Collected data entries
********************
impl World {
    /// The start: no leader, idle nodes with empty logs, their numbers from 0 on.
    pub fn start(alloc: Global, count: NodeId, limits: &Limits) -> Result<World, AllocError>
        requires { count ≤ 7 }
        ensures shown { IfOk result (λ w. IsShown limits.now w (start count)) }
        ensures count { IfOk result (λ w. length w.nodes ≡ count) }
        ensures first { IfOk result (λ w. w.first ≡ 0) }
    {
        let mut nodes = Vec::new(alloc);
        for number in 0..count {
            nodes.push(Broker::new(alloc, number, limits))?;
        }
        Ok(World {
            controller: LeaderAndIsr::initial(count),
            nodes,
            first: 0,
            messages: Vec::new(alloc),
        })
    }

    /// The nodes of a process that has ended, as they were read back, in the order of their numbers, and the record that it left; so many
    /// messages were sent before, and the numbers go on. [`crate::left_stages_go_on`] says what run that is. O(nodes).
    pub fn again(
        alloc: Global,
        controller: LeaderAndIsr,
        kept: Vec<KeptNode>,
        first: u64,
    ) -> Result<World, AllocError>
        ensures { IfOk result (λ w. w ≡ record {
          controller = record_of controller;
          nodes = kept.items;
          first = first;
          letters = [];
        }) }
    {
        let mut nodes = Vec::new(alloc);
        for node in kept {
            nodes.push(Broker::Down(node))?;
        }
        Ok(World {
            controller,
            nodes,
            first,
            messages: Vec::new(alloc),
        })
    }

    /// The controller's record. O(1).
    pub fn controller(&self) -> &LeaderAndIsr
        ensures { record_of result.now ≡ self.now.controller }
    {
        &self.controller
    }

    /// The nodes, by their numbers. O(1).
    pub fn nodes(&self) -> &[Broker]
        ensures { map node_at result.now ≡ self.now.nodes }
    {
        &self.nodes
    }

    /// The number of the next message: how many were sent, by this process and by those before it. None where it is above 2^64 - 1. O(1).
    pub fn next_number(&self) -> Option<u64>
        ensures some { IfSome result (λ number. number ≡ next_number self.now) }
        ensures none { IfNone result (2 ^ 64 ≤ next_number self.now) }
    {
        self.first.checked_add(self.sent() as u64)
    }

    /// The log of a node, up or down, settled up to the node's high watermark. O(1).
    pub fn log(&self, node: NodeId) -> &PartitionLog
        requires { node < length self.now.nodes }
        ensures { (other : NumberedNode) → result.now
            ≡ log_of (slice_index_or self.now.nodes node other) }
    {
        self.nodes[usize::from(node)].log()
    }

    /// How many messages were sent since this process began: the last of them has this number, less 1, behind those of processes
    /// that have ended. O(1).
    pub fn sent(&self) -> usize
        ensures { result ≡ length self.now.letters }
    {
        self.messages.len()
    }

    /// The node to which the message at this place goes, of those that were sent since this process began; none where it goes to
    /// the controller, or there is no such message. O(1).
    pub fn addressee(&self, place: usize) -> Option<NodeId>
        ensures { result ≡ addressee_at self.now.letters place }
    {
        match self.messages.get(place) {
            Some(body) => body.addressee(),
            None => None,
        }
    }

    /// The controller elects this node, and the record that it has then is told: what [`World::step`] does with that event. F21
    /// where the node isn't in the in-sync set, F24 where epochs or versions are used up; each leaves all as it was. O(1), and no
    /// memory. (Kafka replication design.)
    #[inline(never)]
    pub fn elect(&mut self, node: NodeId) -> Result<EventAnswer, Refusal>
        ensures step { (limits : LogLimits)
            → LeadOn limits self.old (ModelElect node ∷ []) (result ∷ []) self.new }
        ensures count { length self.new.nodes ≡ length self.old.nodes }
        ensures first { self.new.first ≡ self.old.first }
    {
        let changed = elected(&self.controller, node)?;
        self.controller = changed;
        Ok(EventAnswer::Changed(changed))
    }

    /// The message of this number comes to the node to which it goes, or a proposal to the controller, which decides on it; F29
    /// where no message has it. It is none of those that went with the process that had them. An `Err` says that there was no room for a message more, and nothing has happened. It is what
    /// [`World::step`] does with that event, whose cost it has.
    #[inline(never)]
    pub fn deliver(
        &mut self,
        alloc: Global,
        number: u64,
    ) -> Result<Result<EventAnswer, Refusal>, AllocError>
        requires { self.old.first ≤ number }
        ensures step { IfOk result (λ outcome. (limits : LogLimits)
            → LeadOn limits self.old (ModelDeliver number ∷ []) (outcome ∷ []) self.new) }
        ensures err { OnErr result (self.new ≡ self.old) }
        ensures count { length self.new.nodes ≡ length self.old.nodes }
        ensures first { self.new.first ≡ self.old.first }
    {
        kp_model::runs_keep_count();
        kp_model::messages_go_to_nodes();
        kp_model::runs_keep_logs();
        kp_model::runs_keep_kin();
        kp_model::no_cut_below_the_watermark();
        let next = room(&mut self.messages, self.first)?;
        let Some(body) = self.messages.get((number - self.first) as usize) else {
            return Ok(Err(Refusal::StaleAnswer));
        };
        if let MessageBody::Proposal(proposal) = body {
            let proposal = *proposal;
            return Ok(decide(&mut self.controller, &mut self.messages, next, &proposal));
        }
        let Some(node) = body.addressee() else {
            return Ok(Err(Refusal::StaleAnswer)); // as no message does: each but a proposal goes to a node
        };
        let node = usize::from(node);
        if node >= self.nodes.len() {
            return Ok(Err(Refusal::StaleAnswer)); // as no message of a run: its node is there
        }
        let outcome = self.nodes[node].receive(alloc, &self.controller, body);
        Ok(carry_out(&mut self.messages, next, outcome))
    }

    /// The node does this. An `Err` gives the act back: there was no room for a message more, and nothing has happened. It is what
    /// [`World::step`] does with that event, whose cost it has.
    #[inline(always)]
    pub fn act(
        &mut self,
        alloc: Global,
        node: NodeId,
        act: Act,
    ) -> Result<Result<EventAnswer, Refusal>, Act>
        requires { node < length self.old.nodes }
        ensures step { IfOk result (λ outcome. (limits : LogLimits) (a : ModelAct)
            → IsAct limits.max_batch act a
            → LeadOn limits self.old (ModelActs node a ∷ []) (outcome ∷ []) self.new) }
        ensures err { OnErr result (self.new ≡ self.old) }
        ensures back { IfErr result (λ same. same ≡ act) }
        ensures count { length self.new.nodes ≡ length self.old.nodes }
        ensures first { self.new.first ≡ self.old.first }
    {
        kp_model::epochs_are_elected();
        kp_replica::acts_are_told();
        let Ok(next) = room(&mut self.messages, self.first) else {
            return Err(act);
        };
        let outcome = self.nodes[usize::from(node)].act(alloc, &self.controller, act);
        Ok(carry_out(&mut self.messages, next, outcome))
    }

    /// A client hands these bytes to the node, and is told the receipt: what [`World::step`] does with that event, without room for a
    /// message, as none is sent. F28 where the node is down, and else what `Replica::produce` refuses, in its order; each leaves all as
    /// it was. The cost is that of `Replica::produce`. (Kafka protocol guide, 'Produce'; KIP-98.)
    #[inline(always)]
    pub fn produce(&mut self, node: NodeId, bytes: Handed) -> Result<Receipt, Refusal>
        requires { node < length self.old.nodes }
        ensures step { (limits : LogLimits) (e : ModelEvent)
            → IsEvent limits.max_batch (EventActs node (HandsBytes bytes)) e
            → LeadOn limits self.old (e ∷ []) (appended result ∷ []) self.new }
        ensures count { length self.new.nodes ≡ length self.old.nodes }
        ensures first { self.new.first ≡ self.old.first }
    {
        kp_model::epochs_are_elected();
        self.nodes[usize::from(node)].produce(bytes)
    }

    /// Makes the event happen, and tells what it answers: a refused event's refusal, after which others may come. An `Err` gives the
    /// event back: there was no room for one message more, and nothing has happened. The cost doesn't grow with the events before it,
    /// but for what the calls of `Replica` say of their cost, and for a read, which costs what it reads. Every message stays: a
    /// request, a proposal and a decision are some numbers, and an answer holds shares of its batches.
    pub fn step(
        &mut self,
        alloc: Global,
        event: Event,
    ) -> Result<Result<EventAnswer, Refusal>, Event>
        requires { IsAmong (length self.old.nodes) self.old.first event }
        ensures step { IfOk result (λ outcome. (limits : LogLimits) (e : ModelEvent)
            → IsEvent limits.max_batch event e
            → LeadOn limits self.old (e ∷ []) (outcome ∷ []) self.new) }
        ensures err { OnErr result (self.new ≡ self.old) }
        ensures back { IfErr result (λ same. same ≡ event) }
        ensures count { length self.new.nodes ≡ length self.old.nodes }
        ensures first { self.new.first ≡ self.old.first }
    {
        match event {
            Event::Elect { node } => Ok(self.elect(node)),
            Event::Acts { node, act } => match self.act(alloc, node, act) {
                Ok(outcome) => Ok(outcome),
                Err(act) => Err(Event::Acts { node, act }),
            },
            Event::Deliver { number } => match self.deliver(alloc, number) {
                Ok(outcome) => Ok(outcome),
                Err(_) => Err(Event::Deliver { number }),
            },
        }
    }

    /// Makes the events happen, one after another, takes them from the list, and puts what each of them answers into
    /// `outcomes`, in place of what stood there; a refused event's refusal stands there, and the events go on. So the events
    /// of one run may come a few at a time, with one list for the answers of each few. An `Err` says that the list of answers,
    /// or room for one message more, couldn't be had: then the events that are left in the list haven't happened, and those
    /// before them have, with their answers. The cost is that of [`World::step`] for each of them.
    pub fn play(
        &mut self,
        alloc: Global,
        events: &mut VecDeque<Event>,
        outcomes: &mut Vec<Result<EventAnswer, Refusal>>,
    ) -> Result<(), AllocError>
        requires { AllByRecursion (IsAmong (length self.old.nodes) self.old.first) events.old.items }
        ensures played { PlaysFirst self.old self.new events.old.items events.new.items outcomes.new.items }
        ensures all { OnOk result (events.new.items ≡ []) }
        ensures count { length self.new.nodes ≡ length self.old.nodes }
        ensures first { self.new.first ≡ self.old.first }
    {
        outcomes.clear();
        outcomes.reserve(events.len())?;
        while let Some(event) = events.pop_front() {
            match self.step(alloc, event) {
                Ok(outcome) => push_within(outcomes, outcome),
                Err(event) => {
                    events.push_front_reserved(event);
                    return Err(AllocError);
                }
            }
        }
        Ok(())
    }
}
********************
Using the data above, extract exactly the lines from the one that holds "(HandsBytes bytes)) e" to the one that holds "same ≡ event)", both ends included, and no others.

            → IsEvent limits.max_batch (EventActs node (HandsBytes bytes)) e
            → LeadOn limits self.old (e ∷ []) (appended result ∷ []) self.new }
        ensures count { length self.new.nodes ≡ length self.old.nodes }
        ensures first { self.new.first ≡ self.old.first }
    {
        kp_model::epochs_are_elected();
        self.nodes[usize::from(node)].produce(bytes)
    }

    /// Makes the event happen, and tells what it answers: a refused event's refusal, after which others may come. An `Err` gives the
    /// event back: there was no room for one message more, and nothing has happened. The cost doesn't grow with the events before it,
    /// but for what the calls of `Replica` say of their cost, and for a read, which costs what it reads. Every message stays: a
    /// request, a proposal and a decision are some numbers, and an answer holds shares of its batches.
    pub fn step(
        &mut self,
        alloc: Global,
        event: Event,
    ) -> Result<Result<EventAnswer, Refusal>, Event>
        requires { IsAmong (length self.old.nodes) self.old.first event }
        ensures step { IfOk result (λ outcome. (limits : LogLimits) (e : ModelEvent)
            → IsEvent limits.max_batch event e
            → LeadOn limits self.old (e ∷ []) (outcome ∷ []) self.new) }
        ensures err { OnErr result (self.new ≡ self.old) }
        ensures back { IfErr result (λ same. same ≡ event) }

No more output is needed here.